US President Joe Biden has embarked on the first—and only—sub-Saharan African visit of his presidential term.
With President Biden set to leave office in several weeks, the timing might suggest that the visit and associated objectives are low on the totem pole of US national interests. That could not be further from the truth.
Angola is a significant oil producer and exporter, but President Biden’s trip is laser focused not on what minerals Angola has to offer, but rather what Angola grants access to: Congolese cobalt.
The Democratic Republic of Congo (DRC) is the largest global producer of cobalt, a critical component in lithium battery cathodes. Cobalt plays an essential role in preventing thermal runaway—a failure that can lead to batteries overheating or exploding. To over-simplify this, cobalt helps make rechargeable batteries safer and more reliable.

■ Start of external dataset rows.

// Copying in blocks of 16 within a pair of slices: a run is copied with up to 15 cells behind its end, which the next run overwrites. A block
// is read whole before it is written, so that it is moved in a few wide steps. Bytes and numbers are copied one after the other: a long text in
// turns, block by block, is slower (docs/DECISIONS.md, "Speed").
ghost use Rattle.std.specs.Prelude.{◌≡◌, ◌+◌, ◌-◌, ◌≤◌, length, take, drop};
ghost use Rattle.std.proofs.Math.Seq.{paste};
ghost use Rattle.text.specs.Writes.{Apart, Pasted};

// Writes 16 elements from a place on, one by one: a machine moves them in a few wide steps, where a slice's copy is a call.
fn write_16<T: Copy>(s: &mut [T], at: usize, block: [T; 16])
    requires { (at + 16 ≤ length s.old) × (length block ≡ 16) }
    ensures { s.new ≡ paste s.old at block 16 }
{
    for k in 0..16 {
        s[at + k] = block[k];
    }
}

// The 16 elements from a place on, read one by one: the library's `first_chunk` tests how long the rest is, at each block.
fn read_16<T: Copy>(s: &[T], from: usize) -> [T; 16]
    requires { from + 16 ≤ length s.now }
    ensures { result ≡ take 16 (drop from s.now) }
{
    let mut block = [s[from]; 16];
    for k in 0..16 {
        block[k] = s[from + k];
    }
    block
}

// Copies the elements from a up to e to a place on, where they stand before it or behind all that is written.
fn within_one<T: Copy>(s: &mut [T], a: usize, e: usize, at: usize)
    requires { ((a ≤ e) × (e + 15 ≤ length s.old)) × ((at + (e - a) + 15 ≤ length s.old) × Apart a (e + 15) at (at + (e - a) + 15)) }
    ensures { Pasted s.old at s.new (take (e - a) (drop a s.old)) }
{
    let mut from = a;
    let mut to = at;
    // A while: both places move on by a block.
    while from < e {
        let block = read_16(s, from);
        write_16(s, to, block);
        from += 16;
        to += 16;
    }
}

// Copies the cells from a up to e likewise.
pub fn within(buf: &mut [u8], nums: &mut [u32], a: usize, e: usize, at: usize)
    requires { ((a ≤ e) × ((e + 15 ≤ length buf.old) × (e + 15 ≤ length nums.old))) × (((at + (e - a) + 15 ≤ length buf.old) × (at + (e - a) + 15 ≤ length nums.old)) × Apart a (e + 15) at (at + (e - a) + 15)) }
    ensures { Pasted buf.old at buf.new (take (e - a) (drop a buf.old)) × Pasted nums.old at nums.new (take (e - a) (drop a nums.old)) }
{
    within_one(buf, a, e, at);
    within_one(nums, a, e, at);
}
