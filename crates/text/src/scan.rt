// Reading bytes: ranges, tag letters in either ASCII case, the next byte of a kind.
ghost use Rattle.std.specs.Prelude.{◌≡◌, ℕ, Bool, cond, ◌+◌, ◌≤◌, ◌<◌, length, get_or, drop, eqb, ltb};
ghost use Rattle.text.specs.Ascii.{inside, small, begins, to_first, binary, to_bracket};

use crate::PostAt;
use std::simd::u8x16;

// The byte at i, 0 past the end.
pub fn byte_at(s: &[u8], i: usize) -> u8
    ensures { result ≡ get_or s.now i 0 }
{
    s.get(i).copied().unwrap_or(0)
}

pub fn is_inside(lo: u8, hi: u8, b: u8) -> bool
    ensures { result ≡ inside lo hi b }
{
    (lo..=hi).contains(&b)
}

// An ASCII letter in small, any other byte as it is.
pub fn small_of(b: u8) -> u8
    ensures { result ≡ small b }
{
    b.to_ascii_lowercase()
}

// Whether the text from a place on begins with a word (in small letters), ASCII letters in either case.
pub fn begins_at(s: &[u8], at: PostAt, word: &[u8]) -> bool
    requires { at.0 ≤ length s.now }
    ensures { result ≡ begins word.now (drop at.0 s.now) }
{
    let rest = &s[at.0..];
    for k in 0..word.len() {
        if rest.len() <= k || small_of(rest[k]) != word[k] {
            return false;
        }
    }
    true
}

// The first place from a place on whose byte a closure takes, or the end.
pub fn first_from<P: Fn(u8) -> bool>(s: &[u8], at: usize, takes: P) -> usize
    requires inside { at ≤ length s.now }
    requires callable { P.IsAlwaysCallable takes }
    ensures inside { (at ≤ result) × (result ≤ length s.now) }
    ensures first { (q : ℕ → Bool) → ((b : ℕ) (t : Bool) → P.post takes b t → t ≡ q b) → result ≡ at + to_first q (drop at s.now) }
{
    match s[at..].iter().position(|&b| takes(b)) {
        Some(n) => at + n,
        None => s.len(),
    }
}

// The 16 bytes from i on as binary digits, the first the lowest: set where the byte is b. One comparison of all 16.
fn equal_in_16(s: &[u8], i: usize, b: u8) -> u64
    requires { i + 16 ≤ length s.now }
    ensures { result ≡ binary (λ x. eqb x b) 16 (drop i s.now) }
{
    u8x16::from_slice(&s[i..])
        .simd_eq(u8x16::splat(b))
        .to_bitmask()
}

// The place of the first byte b from a place on, or the end.
pub fn next_byte(s: &[u8], at: PostAt, b: u8) -> PostAt
    requires { at.0 ≤ length s.now }
    ensures { result.0 ≡ at.0 + to_first (λ x. eqb x b) (drop at.0 s.now) }
{
    let mut i = at.0;
    // A while: what is left behind the last block is no block.
    while 16 <= s.len() - i {
        let found = equal_in_16(s, i, b);
        if found != 0 {
            return PostAt(i + found.trailing_zeros() as usize);
        }
        i += 16;
    }
    PostAt(first_from(s, i, |x| x == b))
}

// The place of the first `]` from a place on, or the end.
pub fn next_bracket(s: &[u8], at: PostAt) -> PostAt
    requires { at.0 ≤ length s.now }
    ensures { result.0 ≡ at.0 + to_bracket (drop at.0 s.now) }
{
    next_byte(s, at, b']')
}
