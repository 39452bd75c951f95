//! Pairs of states, numbered in the order in which they are met.
ghost use Rattle.std.specs.Prelude.{◌≡◌, ◌↔◌, ◌<◌, ◌≤◌, IfOk, IfErr, IsTrue, OnOk, Some, length, slice_get};
ghost use Rattle.automaton_rows.specs.Automata.{most_sets};
ghost use Rattle.automaton_products.specs.Numbers.{IsNumbered, IsNumberFault};
ghost use Rattle.automaton_products.specs.Products.{dead_pair, AreFewPairs, IsReached, IsProductFault, pairs_of, Keeps};

use crate::laws::equal_pairs_are_one;
use automaton_rows::{CompileFault, Dfa, MOST_SETS};
use indexmap::IndexSet;
use std::alloc::{AllocError, Global};

/// A state of one automaton and a state of another.
#[derive(Clone, Copy, Debug, PartialEq, Eq, Hash)]
pub struct Pair {
    pub one: u32,
    pub other: u32,
}

/// The pairs so far, each with its number.
#[derive(Drop)]
pub(crate) struct Pairs {
    pairs: IndexSet<Pair>,
}

impl Pairs {
    /// None so far, with room for some.
    pub(crate) fn with_capacity(alloc: Global, pairs: usize) -> Result<Pairs, AllocError>
        ensures { IfOk result (λ none. length (pairs_of none) ≡ 0) }
    {
        Ok(Pairs {
            pairs: IndexSet::with_capacity(alloc, pairs)?,
        })
    }

    /// The number of a pair: the next one, if it is new.
    pub(crate) fn number(&mut self, pair: Pair) -> Result<u32, CompileFault>
        requires { length (pairs_of self.old) ≤ most_sets }
        ensures ok { IfOk result (IsNumbered (pairs_of self.old) (pairs_of self.new) pair) }
        ensures err { IfErr result (IsNumberFault (pairs_of self.old) pair) }
    {
        equal_pairs_are_one();
        let count = self.pairs.len();
        if let Some(number) = self.pairs.get_index_of(&pair) {
            return Ok(number as u32);
        }
        if count == MOST_SETS {
            return Err(CompileFault::TooManyStates);
        }
        match self.pairs.insert_full(pair) {
            Ok((number, _)) => Ok(number as u32),
            Err(_) => Err(CompileFault::NoMemory),
        }
    }

    /// The pair with a number, if there is one.
    pub(crate) fn get(&self, number: usize) -> Option<Pair>
        ensures { result ≡ slice_get (pairs_of self.now) number }
    {
        match self.pairs.get_index(number) {
            Some(pair) => Some(*pair),
            None => None,
        }
    }
}

/// The number of a pair that is met. That of the two dead states is 0, and isn't looked up.
#[inline]
pub(crate) fn number_of(
    one: &Dfa,
    other: &Dfa,
    pairs: &mut Pairs,
    pair: Pair,
) -> Result<u16, CompileFault>
    requires pairs { AreFewPairs one.now other.now (pairs_of pairs.old) }
    requires met { IsReached one.now other.now pair }
    ensures pairs { OnOk result (AreFewPairs one.now other.now (pairs_of pairs.new)) }
    ensures kept { OnOk result (Keeps (pairs_of pairs.old) (pairs_of pairs.new)) }
    ensures number { IfOk result (λ n. slice_get (pairs_of pairs.new) n ≡ Some pair) }
    ensures err { IfErr result (IsProductFault one.now other.now) }
{
    if is_dead(pair) {
        return Ok(0);
    }
    match pairs.number(pair) {
        Ok(number) => Ok(number as u16),
        Err(fault) => Err(fault),
    }
}

// Whether nothing is live in either.
#[inline]
fn is_dead(pair: Pair) -> bool
    ensures { IsTrue result ↔ (pair ≡ dead_pair) }
{
    pair.one == 0 && pair.other == 0
}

The DRC is wealthy in cobalt and copper and a potential raft of other minerals, but is utterly lacking in meaningful infrastructure. The cobalt deposits in the country’s southern Katanga province are essentially landlocked, but they do border Angola and Zambia. Zambia is landlocked; Angola is not. Furthermore, Angola’s position along the Atlantic coast places future cobalt shipments on an easy route to US and other western consumers.
Biden’s trip is set to lay the groundwork for foreign investment in port and rail infrastructure aimed at providing not only better access and development of the DRC’s cobalt, but a more assertive US foreign policy vis-à-vis securing critical minerals. China has long dominated this arena in respect to many minerals, especially in sub-Saharan Africa. But that was as much a product of a lack of direct US competition, more so than preternatural Chinese skill (or luck—bribes notwithstanding). Even with the upcoming change in administration, we should expect the thrust of US policy toward critical minerals to continue on a similar trajectory.